Stored items
◇ ◇ ◇ ◇ ◇ ◇ ◇

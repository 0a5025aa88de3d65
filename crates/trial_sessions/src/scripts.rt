//! Scripts on threads: a session that was stopped makes the rest in a second run.
use anyhow::{Result, bail};
use bc_calls::Call;
use bc_names::Name;
use bc_prov::{Providers, Shared};
use bc_scripts::{End, Gate, Script, Stage, run_sessions};
use bc_share::{Db, Session};
use bc_versions::{Ending, Waiting};
use std::alloc::{AllocError, Global};
use std::sync::Wait;
use std::thread::Threads;
use test_fixtures::{WRITES_WHILE_BORROWED, name, shared_unit};

/// The number of calls of a session.
const ALL: usize = 3;

/// A `Gate` that holds up nobody.
#[derive(Clone, Copy)]
struct Open;

impl Gate for Open {
    fn pause(&self, _session: u8, _stage: Stage) {}
}

/// Returns the call of this number of a session: a put under its name, an ask of it, then a removal.
fn call_of(alloc: Global, at: Name, number: usize) -> Result<Call> {
    match number {
        0 => Ok(Call::Put(at, Shared::new(shared_unit(alloc, WRITES_WHILE_BORROWED)?))),
        1 => Ok(Call::Ask(at)),
        _ => Ok(Call::Remove(at)),
    }
}

/// Returns the script of a session that has made the first `made` of its calls.
fn script(alloc: Global, at: Name, made: usize) -> Result<Script> {
    let mut calls = Vec::new(alloc);
    for number in made..ALL {
        calls.push(call_of(alloc, at, number)?)?;
    }
    Ok(Script::new(calls))
}

/// Returns the scripts of two sessions that have made these numbers of their calls.
fn scripts(alloc: Global, made: &[usize; 2]) -> Result<Vec<Script>> {
    let mut scripts = Vec::new(alloc);
    scripts.push(script(alloc, name(b"f")?, made[0])?)?;
    scripts.push(script(alloc, name(b"g")?, made[1])?)?;
    Ok(scripts)
}

/// Returns the sessions that ran, and notes how many calls each has made.
fn risen<E: Ending>(
    alloc: Global,
    ran: Vec<(Session<E>, End)>,
    made: &mut [usize; 2],
) -> Result<Vec<Session<E>>, AllocError> {
    let mut sessions = Vec::new(alloc);
    for ((session, end), made) in ran.into_iter().zip(made.iter_mut()) {
        *made = match end {
            End::Done => ALL,
            End::Stopped { number, refusal: _ } => made.saturating_add(number),
        };
        sessions.push(session)?;
    }
    Ok(sessions)
}

/// Has two sessions make the calls that they have not made yet, on threads. They make none if there is no room for the result.
fn run<R: AllocGlobal + Threads + Wait + Sync, E: Ending + Send>(
    rt: &R,
    db: &Db<E>,
    sessions: Vec<Session<E>>,
    made: &mut [usize; 2],
    providers: &Providers,
) -> Result<Vec<Session<E>>> {
    let scripts = scripts(rt.alloc(), made)?;
    if sessions.len() != scripts.len() {
        bail!("no two sessions");
    }
    match run_sessions(rt, db, sessions, scripts, providers, &Open) {
        Ok(ran) => Ok(risen(rt.alloc(), ran, made)?),
        Err(sessions) => Ok(sessions),
    }
}

/// Returns whether two sessions make all their calls in two runs, and history and sessions agree. Fails if another call is refused.
pub(crate) fn is_well<R: AllocGlobal + Threads + Wait + Sync>(
    rt: &R,
    providers: &Providers,
) -> Result<bool> {
    let (db, sessions) = Db::open(rt.alloc(), Waiting::new(rt), 0, 6, 2)?;
    let mut made = [0, 0];
    let sessions = run(rt, &db, sessions, &mut made, providers)?;
    let sessions = run(rt, &db, sessions, &mut made, providers)?;
    let history = db.close(rt, sessions)?;
    Ok(made == [ALL, ALL] && history.entries().len() == 6)
}
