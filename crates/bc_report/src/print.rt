//! The text form of an outcome.
ghost use Rattle.std.specs.Prelude.{◌≤◌, ◌++◌, length, OnOk};
ghost use Rattle.std.specs.Io.KnownBytes.{Appends};
ghost use Rattle.bc_judge.specs.Lines.{next_region};
ghost use Rattle.bc_report.specs.Report.{error_line, chain_line, error_lines, body_lines, report};

use crate::line::put;
use crate::one_line::{write_bad_declaration, write_body_line, write_ill, write_missing};
use crate::texts::{put_error, put_region, put_regions};
use bc_judge::BorrowError;
use bc_prov::{BodyErrors, Outcome};
use bc_syntax::Region;
use bc_writer::{WriterFault, write_bytes};
use std::io::Write;

/// The most bytes of an error's line.
const ERROR: usize = 134;

/// The bytes that are kept for a region of a chain: 3 before its number, and 20 digits.
const REGION: usize = 23;

/// The most regions of a chain that is written together with its error.
const TOGETHER: usize = 8;

/// The most bytes of an error and such a chain, with the 10 between them.
const LINES: usize = ERROR + 10 + 8 * TOGETHER;

/// Writes the line of an error and that of its chain, of at most eight regions, by one call of the writer.
#[tactic(auto, unfolding(crate::specs::Report::error_line, crate::specs::Report::chain_line))]
fn write_together<W: Write>(
    error: &BorrowError,
    chain: &[Region],
    out: &mut W,
) -> Result<(), WriterFault>
    requires { length chain.now ≤ 8 }
    ensures { OnOk result (Appends (W.contents out.old) (W.contents out.new) (error_line error.now ++ chain_line chain.now)) }
{
    let mut lines = [0; LINES];
    let end = put(b"\n", &mut lines, LINES);
    let end = put_regions(chain, &mut lines, end);
    let end = put(b"\n    chain", &mut lines, end);
    let end = put_error(error, &mut lines, end);
    let start = put(b"  ", &mut lines, end);
    write_bytes(&lines[start..], out)
}

/// Writes the line of an error.
#[tactic(auto, unfolding(crate::specs::Report::error_line))]
fn write_error<W: Write>(error: &BorrowError, out: &mut W) -> Result<(), WriterFault>
    ensures { OnOk result (Appends (W.contents out.old) (W.contents out.new) (error_line error.now)) }
{
    let mut line = [0; ERROR];
    let end = put(b"\n", &mut line, ERROR);
    let end = put_error(error, &mut line, end);
    let start = put(b"  ", &mut line, end);
    write_bytes(&line[start..], out)
}

/// Writes a space and a region of a chain.
fn write_region<W: Write>(region: Region, out: &mut W) -> Result<(), WriterFault>
    ensures { OnOk result (Appends (W.contents out.old) (W.contents out.new) (next_region region)) }
{
    let mut line = [0; REGION];
    let start = put_region(region, &mut line, REGION);
    write_bytes(&line[start..], out)
}

/// Writes the line of a chain, of any length, region by region.
#[tactic(auto, unfolding(crate::specs::Report::chain_line))]
fn write_chain<W: Write>(regions: &[Region], out: &mut W) -> Result<(), WriterFault>
    ensures { OnOk result (Appends (W.contents out.old) (W.contents out.new) (chain_line regions.now)) }
{
    write_bytes(b"    chain", out)?;
    for region in regions {
        write_region(*region, out)?;
    }
    write_bytes(b"\n", out)
}

/// Writes the line of an error, then that of its chain. Returns `WriterFault` only if a write fails.
#[tactic(auto, unfolding(crate::specs::Report::error_lines))]
pub fn write_explained<W: Write>(error: &BorrowError, out: &mut W) -> Result<(), WriterFault>
    ensures { OnOk result (Appends (W.contents out.old) (W.contents out.new) (error_lines error.now)) }
{
    let chain = error.chain();
    if chain.len() <= TOGETHER {
        return write_together(error, chain, out);
    }
    write_error(error, out)?;
    write_chain(chain, out)
}

/// Writes the line of a body, then the lines of each of its errors.
fn write_body<W: Write>(body: &BodyErrors, out: &mut W) -> Result<(), WriterFault>
    ensures { OnOk result (Appends (W.contents out.old) (W.contents out.new) (body_lines body.now)) }
{
    write_body_line(body, out)?;
    let errors = body.errors.get().as_slice();
    for error in errors {
        write_explained(error, out)?;
    }
    Ok(())
}

/// Writes an outcome as text, as `check` prints it after `ask NAME`. Returns `WriterFault` only if a write fails.
pub fn write_report<W: Write>(outcome: &Outcome, out: &mut W) -> Result<(), WriterFault>
    ensures { OnOk result (Appends (W.contents out.old) (W.contents out.new) (report outcome.now)) }
{
    match outcome {
        Outcome::NoBody => write_bytes(b"no body\n", out),
        Outcome::Missing(name) => write_missing(name, out),
        Outcome::BadTypes(index) => write_bad_declaration(*index, out),
        Outcome::Ill(name, place) => write_ill(name, *place, out),
        Outcome::Report(bodies) => {
            for body in bodies.as_slice() {
                write_body(body, out)?;
            }
            Ok(())
        }
    }
}
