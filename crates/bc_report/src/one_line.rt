//! The line of a body, and the lines of outcomes that are no report.
ghost use Rattle.std.specs.Prelude.{◌++◌, OnOk, codes, decimal};
ghost use Rattle.std.specs.Io.KnownBytes.{Appends};
ghost use Rattle.bc_names.specs.Names.{name_text};
ghost use Rattle.bc_mir.specs.Lines.{place_text};
ghost use Rattle.bc_report.specs.Text.{line};
ghost use Rattle.bc_report.specs.Report.{body_line};

use crate::parts::{write_name, write_number, write_place};
use bc_mir::Where;
use bc_names::Name;
use bc_prov::BodyErrors;
use bc_writer::{WriterFault, write_bytes};
use std::io::Write;

/// Writes the line of a body: its name and the number of its errors. Returns `WriterFault` only if a write fails.
pub fn write_body_line<W: Write>(body: &BodyErrors, out: &mut W) -> Result<(), WriterFault>
    ensures { OnOk result (Appends (W.contents out.old) (W.contents out.new) (body_line body.now)) }
{
    let errors = body.errors.get();
    let count = errors.len();
    write_name(&body.name, out)?;
    write_bytes(b" ", out)?;
    write_number(count as u128, out)?;
    write_bytes(b"\n", out)
}

/// Writes the line that says which body is missing.
pub(crate) fn write_missing<W: Write>(name: &Name, out: &mut W) -> Result<(), WriterFault>
    ensures { OnOk result (Appends (W.contents out.old) (W.contents out.new) (line (codes "missing " ++ name_text name.now))) }
{
    write_bytes(b"missing ", out)?;
    write_name(name, out)?;
    write_bytes(b"\n", out)
}

/// Writes the line that says which declaration is bad.
pub(crate) fn write_bad_declaration<W: Write>(index: usize, out: &mut W) -> Result<(), WriterFault>
    ensures { OnOk result (Appends (W.contents out.old) (W.contents out.new) (line (codes "bad declaration " ++ decimal index))) }
{
    write_bytes(b"bad declaration ", out)?;
    write_number(index as u128, out)?;
    write_bytes(b"\n", out)
}

/// Writes the line that says which body breaks a typing rule, and where.
pub(crate) fn write_ill<W: Write>(name: &Name, place: Where, out: &mut W) -> Result<(), WriterFault>
    ensures { OnOk result (Appends (W.contents out.old) (W.contents out.new) (line (codes "ill " ++ name_text name.now ++ codes " at " ++ place_text place))) }
{
    write_bytes(b"ill ", out)?;
    write_name(name, out)?;
    write_bytes(b" at ", out)?;
    write_place(place, out)?;
    write_bytes(b"\n", out)
}
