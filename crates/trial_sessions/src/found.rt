//! What is found for a body, for a snapshot and in a book.
ghost use Rattle.std.specs.Prelude.{◌≡◌, [], IfOk};

use crate::held::put;
use anyhow::{Result, bail};
use bc_book::Book;
use bc_calls::{Begun, no_declarations};
use bc_cons::Requirements;
use bc_memo::Shelf;
use bc_mir::{KidHeader, Typed};
use bc_names::Name;
use bc_outcomes::{piece, report, report_pieces};
use bc_points::accesses;
use bc_prov::{Check, Piece, Pieces, Providers, Shared, Snapshot, share};
use bc_syntax::{Sequence, Unit, UnitKind};
use bc_versions::Waiting;
use std::alloc::{AllocError, Global};
use std::sync::Wait;
use test_fixtures::{
    CLOSURE_WRITES, INVOKES, Sight, WRITES_WHILE_BORROWED, good_types, name, refusing, shared_unit,
    typed_alone,
};

const DECLARED: &[u8] =
    b"struct G<+'a> drop { &'a int; } struct P<='a,+'b> { &'b mut &'a int; G<'b>; int; } extern k<'a,'b> where 'a: 'b (&'a mut &'b int, int) -> &'b int;";

/// A body with calls, drops and types that have regions, over `DECLARED`.
const BODY: &[u8] =
    b"fn <'a,'b> where 'a: 'b (&'b mut &'a int, int) -> &'a int { let _3: P<'?0,'?1>; let _4: &'?2 int; let _5: G<'?3>; let _6: int; let _7: &'?4 mut &'?5 int; bb0 { _6 = 1; _4 = &'?6 _6; _5 = G<'?7>(copy _4); _7 = &'?8 mut _1.*; _6 = 2; if copy _2 bb1 bb2; } bb1 { _3 = P<'?9,'?10>(move _7, move _5, 7); _6 = calc(copy _2, copy _2, copy _2, copy _2, copy _2); dead _7; drop _3; goto bb3; } bb2 { _4 = call k<'?11,'?12>(move _7, copy _2) bb3; } bb3 { _0 = copy _4; nop; return; } }";

/// A function that creates a closure with regions, that closure, and one in its place that requires something.
const CREATES: &[u8] =
    b"fn <'a,'b,'c> (&'a int, &'c mut &'b int) -> int { let _3: closure 0<'a,'b,'c>; bb0 { _3 = closure 0<'a,'b,'c>(copy _1, move _2); _0 = invoke _3() bb1; } bb1 { return; } }";

const REQUIRES_NOTHING: &[u8] =
    b"closure <'x,'y,'z> [&'x int, &'z mut &'y int] () -> int { bb0 { _0 = 0; return; } }";

const REQUIRES: &[u8] =
    b"closure <'x,'y,'z> [&'x int, &'z mut &'y int] () -> int { bb0 { _2.* = copy _1; _0 = 0; return; } }";

/// Returns `BODY`, typed.
fn typed(alloc: Global) -> Result<Typed> {
    let types = good_types(alloc, DECLARED)?;
    let unit = shared_unit(alloc, BODY)?;
    typed_alone(alloc, &types, &unit)
}

/// Returns the number of accesses that the points of a body make.
fn count_accesses(alloc: Global, typed: &Typed) -> Result<usize, AllocError> {
    let mut made: usize = 0;
    for step in typed.steps() {
        made = made.saturating_add(accesses(alloc, typed, &step.instruction)?.len());
    }
    Ok(made)
}

/// Returns the number of demands that make the types of a body's locals subtypes of themselves.
fn count_demands(alloc: Global, typed: &Typed) -> Result<usize, AllocError> {
    let mut demands = Vec::new(alloc);
    for local in typed.locals() {
        typed.push_subtype(&mut demands, local, local)?;
    }
    Ok(demands.len())
}

/// Returns whether the points and the locals of `BODY` are right.
fn is_typed(alloc: Global) -> Result<bool> {
    let typed = typed(alloc)?;
    let made = count_accesses(alloc, &typed)?;
    let demands = count_demands(alloc, &typed)?;
    Ok(made == 33 && demands == 12)
}

/// Returns a closure that requires nothing, as closure 0 of its creator.
fn child(alloc: Global, closure: &Unit) -> Result<(KidHeader<'_>, Requirements)>
    ensures { IfOk result (λ kid. (kid.0.number ≡ 0) × (kid.1.pairs ≡ [])) }
{
    let pairs = Sequence::new(alloc);
    match closure.body().header.kind {
        UnitKind::Closure => Ok((KidHeader::of(0, closure), Requirements { pairs })),
        UnitKind::Function => bail!("the child is a function"),
    }
}

/// Returns the piece of a snapshot's body, which creates no closure, or closure 0 alone, which requires nothing.
fn piece_in(alloc: Global, providers: &Providers, snapshot: &Snapshot) -> Result<Piece> {
    let types = snapshot.types();
    let Check::Good(_) = types.get().found() else {
        bail!("a declaration is bad");
    };
    let [(_, unit), closures @ ..] = snapshot.units() else {
        bail!("nothing is held");
    };
    let children = unit.get().body().children(alloc)?;
    let mut kids = Vec::new(alloc);
    match (children.as_slice(), closures) {
        ([], _) => Ok(piece(alloc, providers, types, unit, &kids)?),
        ([0], [(_, closure), ..]) => {
            kids.push(child(alloc, closure.get())?)?;
            Ok(piece(alloc, providers, types, unit, &kids)?)
        }
        _ => bail!("the body creates other closures"),
    }
}

/// Returns the number of errors in the piece of a name's body.
fn errors_at(alloc: Global, providers: &Providers, shelf: &Shelf, at: &[u8]) -> Result<usize> {
    let snapshot = shelf.part(alloc, &name(at)?)?.snapshot;
    let piece = piece_in(alloc, providers, &snapshot)?;
    Ok(piece.errors().get().len())
}

/// Returns whether the report of a snapshot has two bodies and one error.
fn is_report(
    alloc: Global,
    providers: &Providers,
    snapshot: &Snapshot,
) -> Result<bool, AllocError> {
    let outcome = report(alloc, providers, snapshot)?;
    Ok(Sight::of(&outcome) == Sight::Report(2, 1))
}

/// Returns a snapshot that carries its outcome.
fn carrying(
    alloc: Global,
    providers: &Providers,
    snapshot: Snapshot,
) -> Result<Snapshot, AllocError> {
    let outcome = report(alloc, providers, &snapshot)?;
    let outcome = share(alloc, outcome)?;
    Ok(snapshot.carry(outcome))
}

/// Returns a snapshot that carries the pieces of its bodies.
fn carrying_pieces(
    alloc: Global,
    providers: &Providers,
    snapshot: Snapshot,
) -> Result<Snapshot, AllocError> {
    let (_, pieces) = report_pieces(alloc, providers, &snapshot)?;
    Ok(snapshot.carry_pieces(pieces))
}

/// Returns whether a report runs out of memory if its providers always do, and so asks these.
fn wants_memory(alloc: Global, snapshot: &Snapshot) -> Result<bool, AllocError> {
    let providers = refusing!(alloc);
    Ok(report(alloc, &providers, snapshot).is_err())
}

/// Returns whether the report of `f` is right.
fn is_reported(alloc: Global, providers: &Providers, shelf: &Shelf) -> Result<bool> {
    let snapshot = shelf.part(alloc, &name(b"f")?)?.snapshot;
    Ok(is_report(alloc, providers, &snapshot)? && wants_memory(alloc, &snapshot)?)
}

/// Returns whether the report of `f` is right if the snapshot carries it.
fn is_carried(alloc: Global, providers: &Providers, shelf: &Shelf) -> Result<bool> {
    let snapshot = shelf.part(alloc, &name(b"f")?)?.snapshot;
    let snapshot = carrying(alloc, providers, snapshot)?;
    Ok(is_report(alloc, providers, &snapshot)?)
}

/// Returns whether the report of a snapshot is right without any provider: these are always out of memory.
fn asks_none(alloc: Global, snapshot: &Snapshot) -> Result<bool, AllocError> {
    let providers = refusing!(alloc);
    is_report(alloc, &providers, snapshot)
}

/// Returns whether the report of `f` is right if the snapshot carries the pieces of its bodies, for which no provider is asked.
fn is_of_pieces(alloc: Global, providers: &Providers, shelf: &Shelf) -> Result<bool> {
    let snapshot = shelf.part(alloc, &name(b"f")?)?.snapshot;
    let snapshot = carrying_pieces(alloc, providers, snapshot)?;
    Ok(asks_none(alloc, &snapshot)?)
}

/// Returns a shelf with `CREATES` and its closure.
fn creator_over(alloc: Global, closure: &[u8]) -> Result<Shelf> {
    let mut shelf = Shelf::new(alloc, no_declarations(alloc)?, 1)?;
    put(alloc, &mut shelf, b"f", CREATES, 1)?;
    put(alloc, &mut shelf, b"f/0", closure, 2)?;
    Ok(shelf)
}

/// Returns the pieces of `CREATES` and of its closure.
fn pieces_over(alloc: Global, providers: &Providers, closure: &[u8]) -> Result<Pieces> {
    let shelf = creator_over(alloc, closure)?;
    let snapshot = shelf.part(alloc, &name(b"f")?)?.snapshot;
    let (_, pieces) = report_pieces(alloc, providers, &snapshot)?;
    Ok(pieces)
}

/// Returns a snapshot of `CREATES` over the closure that requires nothing. It carries the pieces over both closures, in this order.
fn carrying_both(
    alloc: Global,
    providers: &Providers,
    first: &[u8],
    second: &[u8],
) -> Result<Snapshot> {
    let mut pieces = pieces_over(alloc, providers, first)?;
    pieces.append(&mut pieces_over(alloc, providers, second)?)?;
    let shelf = creator_over(alloc, REQUIRES_NOTHING)?;
    let snapshot = shelf.part(alloc, &name(b"f")?)?.snapshot;
    Ok(snapshot.carry_pieces(pieces))
}

/// Returns whether the report of a snapshot has two bodies without an error, and no provider is asked.
fn is_clean_by_pieces(alloc: Global, snapshot: &Snapshot) -> Result<bool> {
    let refusing = refusing!(alloc);
    let outcome = report(alloc, &refusing, snapshot)?;
    Ok(Sight::of(&outcome) == Sight::Report(2, 0))
}

/// Returns whether the piece that fits is taken, of the two that are carried, in either order.
fn is_of_either(alloc: Global, providers: &Providers) -> Result<bool> {
    let second = carrying_both(alloc, providers, REQUIRES, REQUIRES_NOTHING)?;
    let first = carrying_both(alloc, providers, REQUIRES_NOTHING, REQUIRES)?;
    Ok(is_clean_by_pieces(alloc, &second)? && is_clean_by_pieces(alloc, &first)?)
}

/// Returns a shelf with a function and its closure.
fn shelf(alloc: Global) -> Result<Shelf> {
    let mut shelf = Shelf::new(alloc, no_declarations(alloc)?, 1)?;
    put(alloc, &mut shelf, b"f", INVOKES, 1)?;
    put(alloc, &mut shelf, b"f/0", CLOSURE_WRITES, 2)?;
    Ok(shelf)
}

/// Returns whether the pieces of a function and of its closure are right, and the reports of the function.
fn is_over(alloc: Global, providers: &Providers, shelf: &Shelf) -> Result<bool> {
    let outer = errors_at(alloc, providers, shelf, b"f")?;
    let inner = errors_at(alloc, providers, shelf, b"f/0")?;
    let is_anew = is_reported(alloc, providers, shelf)?;
    let is_carried = is_carried(alloc, providers, shelf)?;
    let is_of_pieces = is_of_pieces(alloc, providers, shelf)?;
    Ok(outer == 0 && inner == 1 && is_anew && is_carried && is_of_pieces)
}

/// Returns a snapshot of a name in a new book, in which the unit of a text is stored there.
fn begun<R: Wait>(rt: &R, alloc: Global, at: Name, text: &[u8]) -> Result<Begun> {
    let unit = Shared::new(shared_unit(alloc, text)?);
    let mut book = Book::new(alloc, Waiting::new(rt), 9, 1)?;
    book.put(rt, alloc, 0, at, unit)?;
    Ok(book.snapshot(alloc, &at)?)
}

/// Returns whether what a snapshot of a book finds is right.
fn is_begun<R: Wait>(rt: &R, alloc: Global, providers: &Providers) -> Result<bool> {
    let begun = begun(rt, alloc, name(b"f")?, WRITES_WHILE_BORROWED)?;
    let found = begun.find(alloc, providers)?;
    Ok(Sight::of(found.outcome.get()) == Sight::Report(1, 1))
}

/// Returns whether everything that is found is right. Fails if a call is refused.
pub(crate) fn is_well<R: AllocGlobal + Wait>(rt: &R, providers: &Providers) -> Result<bool> {
    let alloc = rt.alloc();
    let is_typed = is_typed(alloc)?;
    let is_begun = is_begun(rt, alloc, providers)?;
    let shelf = shelf(alloc)?;
    let is_over = is_over(alloc, providers, &shelf)?;
    let is_of_either = is_of_either(alloc, providers)?;
    Ok(is_typed && is_begun && is_over && is_of_either)
}
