//! Work that is settled late, after its inputs have changed.
use anyhow::{Result, bail};
use bc_book::Refusal;
use bc_calls::Work;
use bc_names::Name;
use bc_prov::{Outcome, Providers};
use bc_share::{Db, Session};
use bc_versions::{Ending, Waiting};
use std::alloc::AllocError;
use std::sync::Wait;
use test_fixtures::{Sight, WRITES_LAST, WRITES_WHILE_BORROWED, name, shared_unit};

/// Puts the unit of a text under a name.
fn put<R: AllocGlobal + Wait, E: Ending>(
    rt: &R,
    session: &mut Session<E>,
    at: Name,
    text: &[u8],
) -> Result<()> {
    let unit = shared_unit(rt.alloc(), text)?;
    session.put(rt, at, unit)?;
    Ok(())
}

/// Has a session begin an ask of a name and work on it.
fn work<R: AllocGlobal, E: Ending>(
    rt: &R,
    session: &mut Session<E>,
    at: &Name,
    providers: &Providers,
) -> Result<Work, AllocError> {
    session.begin(at)?.work(rt.alloc(), providers)
}

/// Returns whether an outcome is that of the unit that was put last.
fn is_last(outcome: &Outcome) -> bool {
    Sight::of(outcome) == Sight::Report(1, 1)
}

/// Has a session settle work, or new work if the first is refused for lack of memory. Returns whether the answer is right, and nothing is
/// published after the refused call.
fn settle<R: AllocGlobal + Wait, E: Ending>(
    rt: &R,
    session: &mut Session<E>,
    done: Work,
    at: &Name,
    providers: &Providers,
) -> Result<bool> {
    match session.settle(rt, done, providers) {
        Ok(outcome) => return Ok(is_last(&outcome)),
        Err(Refusal::HistoryFull) => return Ok(false),
        Err(Refusal::NoMemory) => {}
    }
    if session.glance(at)?.is_some() {
        return Ok(false);
    }
    let done = work(rt, session, at, providers)?;
    let outcome = session.settle(rt, done, providers)?;
    Ok(is_last(&outcome))
}

/// Has a session put, the other one begin and work, the first one put again, and the other one settle. Returns whether that is right.
fn make<R: AllocGlobal + Wait, E: Ending>(
    rt: &R,
    sessions: &mut [Session<E>],
    providers: &Providers,
) -> Result<bool> {
    let Some((first, others)) = sessions.split_first_mut() else {
        bail!("no session");
    };
    let Some(second) = others.first_mut() else {
        bail!("no second session");
    };
    let at = name(b"f")?;
    put(rt, first, at, WRITES_LAST)?;
    let done = work(rt, second, &at, providers)?;
    put(rt, first, at, WRITES_WHILE_BORROWED)?;
    settle(rt, second, done, &at, providers)
}

/// Returns whether work that is settled late is answered right, and history and sessions agree, even after a refused call. Fails if another
/// call is refused.
pub(crate) fn is_well<R: AllocGlobal + Wait>(rt: &R, providers: &Providers) -> Result<bool> {
    let (db, mut sessions) = Db::open(rt.alloc(), Waiting::new(rt), 0, 3, 2)?;
    let made = make(rt, &mut sessions, providers);
    let is_closed = db.close(rt, sessions).is_ok();
    Ok(is_closed && made?)
}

◇ ◇ ◇ ◇ ◇ ◇ ◇

WHAT YOU SHOULD DO: Please copy, word for word, every line from the first line of the records through the line containing "use std::thread::Threads;", with both of those lines included and nothing else.

TASK ANSWER:
repository 0a5025aa88de3d65
filename crates/trial_sessions/src/scripts.rt
//! Scripts on threads: a session that was stopped makes the rest in a second run.
use anyhow::{Result, bail};
use bc_calls::Call;
use bc_names::Name;
use bc_prov::{Providers, Shared};
use bc_scripts::{End, Gate, Script, Stage, run_sessions};
use bc_share::{Db, Session};
use bc_versions::{Ending, Waiting};
use std::alloc::{AllocError, Global};
use std::sync::Wait;
use std::thread::Threads;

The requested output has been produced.